It's trailing candidates who find fault with press ON POLITICS

JACK GERMOND & JULES WITCOVER

November 04, 1992|By JACK GERMOND & JULES WITCOVER

WASHINGTON -- One thing President Bush did most effectively during the 1992 campaign was persuade many of his followers that he was being treated with egregious unfairness by the news media. Politicians running behind always make that complaint but not always so successfully.

The president was certainly right in arguing that there were flaws in the performance of newspapers and television networks during the campaign. But the mistakes were not the ones Bush identified. The same could be true of independent Ross Perot's whining about the press, which was almost equally effective with his followers.

Ever since he surfaced on the national political stage before the 1980 campaign, Bush has had one song to sing when things go sour for him -- that the news media are presenting the picture as more bleak than it really is. When he was running for the Republican nomination against Ronald Reagan in 1980 and began to fall behind, candidate Bush used to complain about "the mournful pundits" -- apparently a group including anyone reporting that he was falling behind.

This fall the theme was similar, as Bush railed at those "talking heads" on the Sunday morning television shows who don't seem to understand that the economy is doing swimmingly and continue to preach "gloom and doom." But his real complaint has been with the reporting that picks apart his claims to have a domestic program and to have told the truth on the Iran-contra affair. The Republican view is that the reporters were so enamored of Bill Clinton they gave the Arkansas governor a free ride.

The problem with that argument is that it defies logic. It is true that the press has hounded Bush on Iran-contra and, as that memorandum in the Caspar Weinberger indictment demonstrates, with valid reason.

But the president seemed to forget during the campaign that almost all of the things he was using as the basis for attacking Clinton were disclosed by the press. It was newspaper reporters, for example, who provided the raw material about the weaknesses in Clinton's environmental record and who unearthed and pursued the stories about his history of evading the draft during the Vietnam War.

Clinton's ludicrous admission that he didn't inhale when he smoked marijuana as a Rhodes scholar in England resulted from a question posed by a television reporter in New York during the primary last spring. If the press was so taken with Clinton, why did it pursue him with such single-minded fury during the primaries?

The fundamental flaw in the complaints about the press made by both Bush and Perot is that they are based on a total lack of understanding of how the press operates. The notion that there is some conspiracy or cabal among reporters designed to advance some special agenda of their own is laughable. They are not efficient enough to carry out such plots even if they were so inclined.

Nor is there some grand strategy at the level of editors and publishers or television network news directors. Again, there may be cases where newspapers and networks perform poorly on a story, but those failures are the result of time pressures or, sometimes, simple ineptitude rather than any dark strategy. You do not sell more newspapers or improve the TV ratings by electing a Democrat rather than a Republican.

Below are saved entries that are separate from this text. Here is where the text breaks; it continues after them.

//! What the replay program prints, into a lent buffer: document 01, "The bench sheet, and its neighbours".
#![tactic(auto)]

ghost use Rattle.std.specs.Prelude.{◌≡◌, ◌≤◌, length};
ghost use Rattle.protocol.specs.Premises.{premise_number};
ghost use Rattle.protocol.specs.Program.{print_sheet, printed};
ghost use Rattle.print_text.specs.Written.{written, end_of};
ghost use Rattle.print_replay.specs.Printout.{text_of, printout_text};

use data_bytes::{big_endian, bytes_verdict};
use judge_sheet::replay_and_judge;
use print_lines::{LastLine, Results};
use protocol::Refusal;
use sheet_words::setting_at;

/// All that is printed of a sheet's bytes: the results, or why it is turned back.
#[derive(Clone, Copy)]
pub struct Printout(pub Result<Results, Refusal>);

impl Printout {
    #[tactic(auto, using(crate::proofs::Lengths::printed_short))]
    pub fn of(bytes: &[u8]) -> Printout
        ensures text { printout_text result ≡ printed bytes.now }
        ensures short { length (printout_text result) ≤ 1024 }
    {
        Printout(results_of_bytes(bytes))
    }

    /// Writes the text from a position on; back comes the position behind it.
    pub fn put(&self, out: &mut [u8], at: usize) -> usize
        ensures { (out.new ≡ written out.old at (printout_text self.now)) × (result ≡ end_of at (printout_text self.now)) }
    {
        match self.0 {
            Ok(results) => results.put(out, at),
            Err(Refusal { cause, place }) => LastLine::Refused(cause, place).put(out, at),
        }
    }
}

/// What is printed of a sheet's bytes, from the buffer's first byte on; back comes its length.
pub fn print(bytes: &[u8], out: &mut [u8]) -> usize
    ensures { (out.new ≡ written out.old 0 (printed bytes.now)) × (result ≡ length (printed bytes.now)) × (result ≤ 1024) }
{
    Printout::of(bytes).put(out, 0)
}

fn premise_number(judged: Result<Option<u8>, Refusal>) -> u8
    ensures { result ≡ premise_number judged }
{
    judged.ok().flatten().unwrap_or(0)
}

// A sheet has at most 16 heads, with 64 result words.
fn results_of(sheet: &[u32]) -> Result<Results, Refusal>
    ensures { text_of result ≡ print_sheet sheet.now }
{
    let mut words = [0u32; 64];
    let report = replay_and_judge(sheet, &mut words);
    report.replayed?;
    Ok(Results {
        words,
        n: setting_at(sheet).n,
        premise: premise_number(report.judged),
    })
}

fn results_of_bytes(bytes: &[u8]) -> Result<Results, Refusal>
    ensures { text_of result ≡ printed bytes.now }
{
    if let Err(cause) = bytes_verdict(bytes) {
        return Err(Refusal { cause, place: 0 });
    }
    let words = big_endian(bytes);
    results_of(&words[..bytes.len() / 4])
}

Perot's complaints are particularly bizarre. If there has been a failure by the press in covering the Perot campaign, it has been the willingness of the media -- and especially the networks -- to allow him simply to command free time for endless exposure on "Larry King Live" or the "Today" show or whatever.

Since his return to the campaign, Perot may have been treated more critically than was the case earlier. But the major newspapers and networks have continued to accord him essentially equal attention with the major party candidates, attention hardly justified by the level of support he enjoys in the opinion polls.

No one who covers an election campaign would argue that news organizations do their jobs flawlessly. Nor would they argue that reporters and editors don't have personal preferences among the candidates. But the fact is that it is always the people running behind who do the most complaining. When the news is bad, shoot the messenger.